Antes del asesinato de Casagrande, estuve unos días siguiéndoles y descubrí que eran amigos. De manera que, a la primera oportunidad que se me ofreció, fui a hablar con él, con Casagrande. Me hice el encontradizo en un bar, como por casualidad, y le pregunté por su amigo, Adrián. Me contó que estaba destrozado por una travesura que había hecho un día, en estado de embriaguez e inducido por malas compañías. Adrián, ingenuo y de buena fe, fue víctima de la broma de unos amigos crueles, Flor.
Flor me contemplaba en éxtasis.
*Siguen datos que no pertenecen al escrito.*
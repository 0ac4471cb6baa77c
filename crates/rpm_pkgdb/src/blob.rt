//! The blocks of one blob.

ghost use Rattle.std.specs.Prelude.{◌≡◌, ◌≢◌, ℕ, ◌+◌, ◌-◌, ◌*◌, ◌/◌, ◌%◌, ◌^◌, ◌≤◌, ◌<◌, ◌++◌, IsTrue, true, false, length, take, drop, Err, OnOk, IfOk, IfErr};
ghost use Rattle.rpm_pkgdb.specs.Prelude.{AreParts, blob_in, bytes_of, checksum_holds, end_of, Files, frame_in, frame_of, is_framed, is_head, is_tail, IsFrame, IsOutsideBlob, Pkg, ReadsOr, unit_at, Units, units_of, word};
ghost use Rattle.rpm_pkgdb.specs.declared.blob.GetFault.TheVariants as faults;

use crate::checksum::sums;
use crate::slot::Slot;
use crate::units::{read_unit, read_units};
use rpm_outside::{Disk, Failed, word};
use std::alloc::AllocError;

/// Why a number has no blob to give.
#[derive(Clone, Copy, PartialEq, Eq)]
pub enum GetFault {
    /// No slot has the number.
    NoSuch,
    /// The framing of its blob is broken: the head's magic or number isn't right, the length is above 68157432 bytes
    /// or not that of the block count, or the tail's length or magic isn't right. The head's generation isn't
    /// compared.
    Bad,
    /// A call of the disk failed.
    DiskFault,
    /// There was no memory for the blob.
    NoMemory,
}

impl From<Failed> for GetFault {
    ghost from_gives = { λ _ e. e ≡ faults.DiskFault };

    fn from(_: Failed) -> GetFault {
        GetFault::DiskFault
    }
}

impl From<AllocError> for GetFault {
    ghost from_gives = { λ _ e. e ≡ faults.NoMemory };

    fn from(_: AllocError) -> GetFault {
        GetFault::NoMemory
    }
}

/// The blocks of a blob whose framing is right: the first unit, and the bytes of the others.
#[derive(Drop)]
pub struct Blocks {
    pub head: [u8; 16],
    pub rest: Vec<u8>,
}

/// A blob, and whether the checksum in its tail is the Adler-32 of its head, bytes and padding.
#[derive(Drop)]
pub struct Checked {
    pub blob: Vec<u8>,
    pub holds: bool,
}

/// `BlbS`.
pub const HEAD: u32 = 0x5362_6c42;

/// `BlbE`.
pub const TAIL: u32 = 0x4562_6c42;

/// Whether a blob of this number and so many blocks can begin with this unit.
#[tactic(auto, unfolding(crate::specs::Blobs::is_head))]
fn is_head(n: u32, count: u32, head: &[u8]) -> bool
    requires { length head.now ≡ 16 }
    ensures { result ≡ is_head n count head.now }
{
    let length = word(head, 3);
    word(head, 0) == HEAD
        && word(head, 1) == n
        && length <= 68_157_432
        && count == (length + 43) / 16
}

/// Whether these blocks end in the tail of a blob of so many bytes.
#[tactic(auto, unfolding(crate::specs::Blobs::is_tail))]
fn is_tail(size: u32, rest: &[u8]) -> bool
    requires { 12 ≤ length rest.now }
    ensures { result ≡ is_tail size rest.now }
{
    let tail = &rest[rest.len() - 12..];
    word(tail, 1) == size && word(tail, 2) == TAIL
}

/// Whether the stored checksum is that of head, bytes and padding.
fn is_checksum_right(head: &[u8], rest: &[u8]) -> bool
    requires { 12 ≤ length rest.now }
    ensures { result ≡ checksum_holds (record { head = head.now; rest = rest.now }) }
{
    let end = rest.len() - 12;
    let (a, b) = sums(1, 0, head);
    let (low, high) = sums(a, b, &rest[..end]);
    word(&rest[end..], 0) == high * 65_536 + low
}

impl Blocks {
    pub fn checksum_holds(&self) -> bool
        requires { 12 ≤ length self.now.rest.items }
        ensures { result ≡ checksum_holds (frame_in self.now) }
    {
        is_checksum_right(&self.head, &self.rest)
    }

    /// The bytes of the blob, without a copy.
    pub fn into_blob(self) -> Vec<u8>
        ensures { result.items ≡ blob_in (frame_in self) }
    {
        let size = word(&self.head, 3) as usize;
        let mut rest = self.rest;
        rest.truncate(size);
        rest
    }

    /// The bytes of the blob, without a copy, and whether the stored checksum is right.
    pub fn into_checked(self) -> Checked
        requires { 12 ≤ length self.rest.items }
        ensures blob { result.blob.items ≡ blob_in (frame_in self) }
        ensures holds { result.holds ≡ checksum_holds (frame_in self) }
    {
        let holds = self.checksum_holds();
        Checked {
            blob: self.into_blob(),
            holds,
        }
    }
}

/// Reads so many units into a vector, whatever it holds: its room is used again where it is enough, and let go first
/// where it isn't.
fn read_into<D: Disk>(disk: &mut D, at: u64, count: u32, room: Vec<u8>) -> Result<Vec<u8>, GetFault>
    requires { IsTrue D.tells → at + count ≤ length (D.files disk.old).pkg }
    ensures long { IfOk result (λ v. length v.items ≡ 16 * count) }
    ensures units { IfOk result (λ v. IsTrue D.tells → units_of v.items ≡ take count (drop at (D.files disk.old).pkg)) }
    ensures bytes { IfOk result (λ v. IsTrue D.tells → v.items ≡ bytes_of (take count (drop at (D.files disk.old).pkg))) }
    ensures outside { IfErr result (λ e. IsOutsideBlob e) }
    ensures reads { ReadsOr D.Disk Pkg (16 * count) (result ≡ Err GetFault.DiskFault) disk.old disk.new }
{
    let length = 16 * count as usize;
    let mut rest = room;
    if rest.capacity() < length {
        rest.clear();
        rest.shrink_to_fit();
    }
    rest.resize(length, 0)?;
    read_units(disk, at, &mut rest)?;
    Ok(rest)
}

/// The first unit, and the bytes after it.
fn parted(bytes: Vec<u8>) -> Blocks
    requires { 16 ≤ length bytes.items }
    ensures head { result.head ≡ take 16 bytes.items }
    ensures rest { result.rest.items ≡ drop 16 bytes.items }
{
    let mut head = [0u8; 16];
    head.copy_from_slice(&bytes[..16]);
    let mut rest = bytes;
    let long = rest.len() - 16;
    rest.copy_within(16.., 0);
    rest.truncate(long);
    Blocks { head, rest }
}

// So many blocks at most, 8 KiB, come with their head by one call.
const FEW: u32 = 512;

/// Reads the blocks of a number's slot: many of them once the head is there and right.
fn read_parts<D: Disk>(disk: &mut D, n: u32, slot: Slot, room: Vec<u8>) -> Result<Blocks, GetFault>
    requires within { IsTrue D.tells → end_of slot ≤ length (D.files disk.old).pkg }
    requires some { 0 < slot.count }
    ensures head { IfOk result (λ b. is_head n slot.count b.head ≡ true) }
    ensures long { IfOk result (λ b. length b.rest.items ≡ 16 * (slot.count - 1)) }
    ensures present { result ≢ Err GetFault.NoSuch }
    ensures parts { IsTrue D.tells → AreParts n slot (D.files disk.old).pkg result }
    ensures reads { ReadsOr D.Disk Pkg (16 * slot.count) (result ≡ Err GetFault.DiskFault) disk.old disk.new }
{
    if slot.count <= FEW {
        let bytes = read_into(disk, slot.offset as u64, slot.count, room)?;
        let blocks = parted(bytes);
        if !is_head(n, slot.count, &blocks.head) {
            return Err(GetFault::Bad);
        }
        return Ok(blocks);
    }
    let head = read_unit(disk, slot.offset as u64)?;
    if !is_head(n, slot.count, &head) {
        return Err(GetFault::Bad);
    }
    let rest = read_into(disk, slot.offset as u64 + 1, slot.count - 1, room)?;
    Ok(Blocks { head, rest })
}

/// Reads the blocks of a number's slot, each once, into a vector whose room is used again.
///
/// Where they are many the head comes first: a slot may name any number of blocks, and only a right head bounds them
/// by the greatest blob.
pub fn read_blocks<D: Disk>(
    disk: &mut D,
    n: u32,
    slot: Slot,
    room: Vec<u8>,
) -> Result<Blocks, GetFault>
    requires within { IsTrue D.tells → end_of slot ≤ length (D.files disk.old).pkg }
    requires some { IsTrue D.tells → 0 < slot.count }
    ensures framed { IfOk result (λ b. is_framed n slot.count (frame_in b) ≡ true) }
    ensures long { IfOk result (λ b. 12 ≤ length b.rest.items) }
    ensures told { IsTrue D.tells → IsFrame (frame_of n slot (D.files disk.old).pkg) result }
    ensures present { result ≢ Err GetFault.NoSuch }
    ensures reads { ReadsOr D.Disk Pkg (16 * slot.count) (result ≡ Err GetFault.DiskFault) disk.old disk.new }
{
    if slot.count == 0 {
        return Err(GetFault::Bad);
    }
    let blocks = read_parts(disk, n, slot, room)?;
    if !is_tail(word(&blocks.head, 3), &blocks.rest) {
        return Err(GetFault::Bad);
    }
    Ok(blocks)
}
Los cristales de sus gafas estaban empañados por las lágrimas y le temblaban los labios.
—¿Víctima…? —murmuró.
—De la broma de unos amigos crueles, Flor —repetí.
—¿Víctima de la broma…? —le costaba digerirlo. Quería creerlo, pero no se atrevía a forjarse ilusiones.
—Sí, sí, Flor, víctima de la broma de unos amigos crueles, lo has escuchado bien. Le tomaron el pelo, aprovechando que estaba borracho. Tú sabes que los enfermeros y los médicos ven el cuerpo humano de una manera diferente del resto de los mortales, Flor. Para ellos, no es más que una herramienta de trabajo. La amputación de un miembro, la operación a corazón abierto, la salud, la enfermedad, la invalidez permanente, el coma profundo, para ellos son cosas cotidianas, como para ti la rima y el ritmo, el soneto y los endecasílabos. Y se encontró haciendo aquello sin querer, de manera inconsciente. Pero, al día siguiente, al darse cuenta de lo que había hecho, avergonzado y arrepentido, no se atrevía a mirarte a la cara. Por eso notaste que se alejaba de ti. Además, se encontró con un cabrón que utilizó aquellas fotos para comprometerle. El pensaba: «Si Flor ve estas fotos, perderé su amor» y por eso, para que tú jamás supieras lo que hizo una infausta noche de Fin de Año, se avino a matar a un hombre. Su mejor amigo.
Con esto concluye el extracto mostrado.